----- DATASET CONTENT
// Value lists: 1 to 4 values of one kind, no two of them the same. A value's place is its index, from 0.
#![tactic(auto)]

ghost use Rattle.std.specs.Prelude.{◌≡◌, OnOk};
ghost use Rattle.std.specs.Result.{result_err};
ghost use Rattle.lists.specs.Lists.{place_of, FirstPlace, distinct, Apart, length_fault, list_fault};

use faults::ListFault;
use values::Kind;

// The first place that holds a value the same as `wanted`.
pub fn place<K: Kind>(values: &[K], wanted: &K) -> Option<usize>
    ensures is { result ≡ place_of K.Kind.same wanted.now values.now }
    ensures first { FirstPlace K.Kind.same wanted.now values.now result }
{
    values.iter().position(|v| v.is_same(wanted))
}

// Refuses a length that no value list has.
pub fn check_length(len: usize) -> Result<(), ListFault>
    ensures { result_err result ≡ length_fault len }
{
    if len < 1 || len > 4 {
        return Err(ListFault::Length);
    }
    Ok(())
}

// No value of the list is the same as a later one.
fn all_distinct<K: Kind>(values: &[K]) -> bool
    ensures { result ≡ distinct K.Kind.same values.now }
{
    match values {
        [] => true,
        [first, later @ ..] => place(later, first).is_none() && all_distinct(later),
    }
}

// Refuses what is no value list: first by its length, then for two values that are the same.
pub fn check_list<K: Kind>(values: &[K]) -> Result<(), ListFault>
    ensures refusal { result_err result ≡ list_fault K.Kind.same values.now }
    ensures apart { OnOk result (Apart K.Kind.same values.now) }
{
    check_length(values.len())?;
    if !all_distinct(values) {
        return Err(ListFault::Repeated);
    }
    Ok(())
}
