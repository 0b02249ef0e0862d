// Delivered hit words: which are late, open or short, the hits and averages of a direction, differences, means. The definitions and
// their laws stand in specs/ and proofs/; `evaluation` has the code.
#![tactic(auto)]
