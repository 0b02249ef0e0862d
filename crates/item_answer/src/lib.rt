// What the lines of an item answer and leave. The definitions and their facts stand in specs/ and proofs/; here are the types in which code
// hands on an item and what a line adds to the counts.
#![tactic(auto)]

use device::Model;

// What an item has beside its lists: its model, its moment, and how many differences and entries its record and its probe table have. They and
// the user flash stand in lent lists.
#[derive(Clone, Copy)]
pub struct Carried {
    pub model: Model,
    pub moment: u64,
    pub recorded: usize,
    pub probes: usize,
}

// The counts of the last line, or what a line adds to them.
#[derive(Clone, Copy)]
pub struct Counts {
    pub calls: u64,
    pub refused: u64,
    pub unannounced: u64,
    pub bad: u64,
    pub expectations: u64,
    pub differ: u64,
}

// What a line leaves: the item, the place behind its answer, and what it adds to the counts.
#[derive(Clone, Copy)]
pub struct Stepped {
    pub carried: Carried,
    pub end: usize,
    pub adds: Counts,
}
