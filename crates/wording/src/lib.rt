// The words of the answers. The definitions and their laws stand in specs/ and proofs/; `phrase` has the code.
#![tactic(auto)]
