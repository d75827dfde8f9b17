// A sheet that is being written into a lent buffer: bytes, words, and numbers in columns.
#![tactic(auto)]

ghost use Rattle.std.specs.Prelude.{◌≡◌, [], ◌∷◌, ◌^◌, ◌≤◌, ◌<◌, length, replicate};
ghost use Rattle.file_rule.specs.Lines.{blank};
ghost use Rattle.sheet_rule.specs.Sheets as S;
ghost use Rattle.sheet_columns.specs.Steps.Wrote.{Room, Writes};

use file_rule::BLANK;

// A lent buffer, and where the next byte of the sheet goes.
#[derive(Drop)]
pub struct Sheet<'a> {
    pub out: &'a mut [u8],
    pub at: usize,
}

fn digit(d: usize) -> u8
    requires { d < 10 }
    ensures { result ≡ S.digit d }
{
    b'0' + d as u8
}

// K for a slip that is kept, S for one set aside.
pub fn sign(mark: usize) -> u8
    ensures { result ≡ S.sign_of mark }
{
    if mark == 0 { b'S' } else { b'K' }
}

impl Sheet<'_> {
    pub fn byte(&mut self, byte: u8)
        requires { Room 1 self.old }
        ensures { Writes 1 (byte ∷ []) self.old self.new }
    {
        self.out[self.at] = byte;
        self.at += 1;
    }

    pub fn text(&mut self, text: &[u8])
        requires { Room (length text.now) self.old }
        ensures { Writes (length text.now) text.now self.old self.new }
    {
        let next = self.at + text.len();
        self.out[self.at..next].copy_from_slice(text);
        self.at = next;
    }

    fn blanks(&mut self, n: usize)
        requires { Room n self.old }
        ensures { Writes n (replicate n blank) self.old self.new }
    {
        let next = self.at + n;
        self.out[self.at..next].fill(BLANK);
        self.at = next;
    }

    // Writes `n` right-justified in `width` columns: a number of one digit after blanks, another one after its tenth.
    pub fn number(&mut self, width: usize, n: usize)
        requires { (1 ≤ width) × (n < 10 ^ width) × Room width self.old }
        ensures { Writes width (S.column width n) self.old self.new }
    {
        if n < 10 {
            self.blanks(width - 1);
        } else {
            self.number(width - 1, n / 10);
        }
        self.byte(digit(n % 10));
    }
}
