// What a search keeps and has counted. It is lent down the recursion: passed by value, it would be copied at each call.
ghost use Rattle.std.specs.Prelude.{ℕ, ◌<◌, ◌≤◌, List, ◌≡◌};
ghost use Rattle.colour.specs.declared.Probe.{Probe};
ghost use Rattle.traversal.specs.Search.{search_entering, reaches, no_search};
ghost use Rattle.nearest.specs.Best.{closer, unfound, bests};
ghost use Rattle.nearest.specs.Steps.{search_as, search_in, search_after, search_ranked};

// What is found: how far it is, its sample row and its tag.
#[derive(Clone, Copy)]
pub struct Best {
    pub distance: u64,
    pub row: u32,
    pub tag: u32,
}

// The closest sample's d², its octant's row and its own; how many octants were entered, and how many samples visited. While the distance is the limit that
// the search began with, none was found, and the rows are 0. (No Option: it is compared at each octant, and what is no closer than the limit drops out by
// the same comparison.)
#[derive(Clone, Copy)]
pub struct Search {
    pub distance: u64,
    pub octant: u64,
    pub row: u64,
    pub entered: u64,
    pub visited: u64,
}

impl Search {
    // Before a search.
    #[tactic(auto, unfolding(crate::specs::Best::unfound, traversal::specs::Search::no_search))]
    pub fn new(limit: u64) -> Search
        ensures { result ≡ search_as (no_search (unfound limit)) }
    {
        Search {
            distance: limit,
            octant: 0,
            row: 0,
            entered: 0,
            visited: 0,
        }
    }

    // Whether what is so far, in the octant in a row, comes before the closest sample. (Most that are asked about are closer, and one test
    // tells; a comparison of pairs makes three.)
    #[tactic(auto, using(crate::proofs::Laws::Closer::closer_yes, crate::proofs::Laws::Closer::closer_no))]
    fn closer(&self, distance: u64, octant: u32) -> bool
        ensures { result ≡ closer (search_in self.now).kept distance octant }
    {
        distance < self.distance || (distance == self.distance && u64::from(octant) < self.octant)
    }

    // Whether the octant in a row, so far away, is entered: its row is below the limit and not 0, fewer octants than the limit were entered, and it can
    // hold something that comes before the closest sample.
    #[tactic(auto, unfolding(traversal::specs::Search::reaches), using(traversal::proofs::Laws::Tests::all_first, traversal::proofs::Laws::Tests::not_first))]
    pub fn reaches(&self, octant: u32, limit: u32, distance: u64) -> bool
        ensures { (ws : List ℕ) (p : Probe)
            → result ≡ reaches (bests ws p) limit octant distance (search_in self.now) }
    {
        if ((0 < octant) & (octant < limit)) & (self.entered < u64::from(limit)) {
            return self.closer(distance, octant);
        }
        false
    }

    // One octant more is entered.
    #[tactic(auto, unfolding(traversal::specs::Search::search_entering))]
    pub fn enter(&mut self)
        requires { self.old.entered < 4294967296 }
        ensures { self.new ≡ search_after search_entering self.old }
    {
        self.entered += 1;
    }

    // Samples of an octant were measured: so many, and this is their least rank.
    #[tactic(auto, unfolding(crate::specs::Best::taken, crate::specs::Best::taken_rank, crate::specs::Steps::search_ranked))]
    pub fn take(&mut self, octant: u32, rank: u64, seen: u32)
        requires { self.old.visited ≤ 4294967296 }
        ensures { self.new ≡ search_after (search_ranked octant rank seen) self.old }
    {
        self.visited += u64::from(seen);
        if self.closer(rank / 4096, octant) {
            self.distance = rank / 4096;
            self.octant = u64::from(octant);
            self.row = rank % 4096;
        }
    }
}
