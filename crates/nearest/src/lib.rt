// Nearest over the tables. Nothing in them is trusted: on any words at all a search ends within what it is lent.
#![tactic(auto)]

pub mod best;
mod leaf;
pub mod visit;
----------
WHAT YOU WILL DO:
Word for word, please print every line from the beginning of the records to the line bearing "The first place", counting both ends and stopping there.

THE COMPLETED TASK:
// Value lists: 1 to 4 values of one kind, no two of them the same. A value's place is its index, from 0.
#![tactic(auto)]

ghost use Rattle.std.specs.Prelude.{◌≡◌, OnOk};
ghost use Rattle.std.specs.Result.{result_err};
ghost use Rattle.lists.specs.Lists.{place_of, FirstPlace, distinct, Apart, length_fault, list_fault};

use faults::ListFault;
use values::Kind;

// The first place that holds a value the same as `wanted`.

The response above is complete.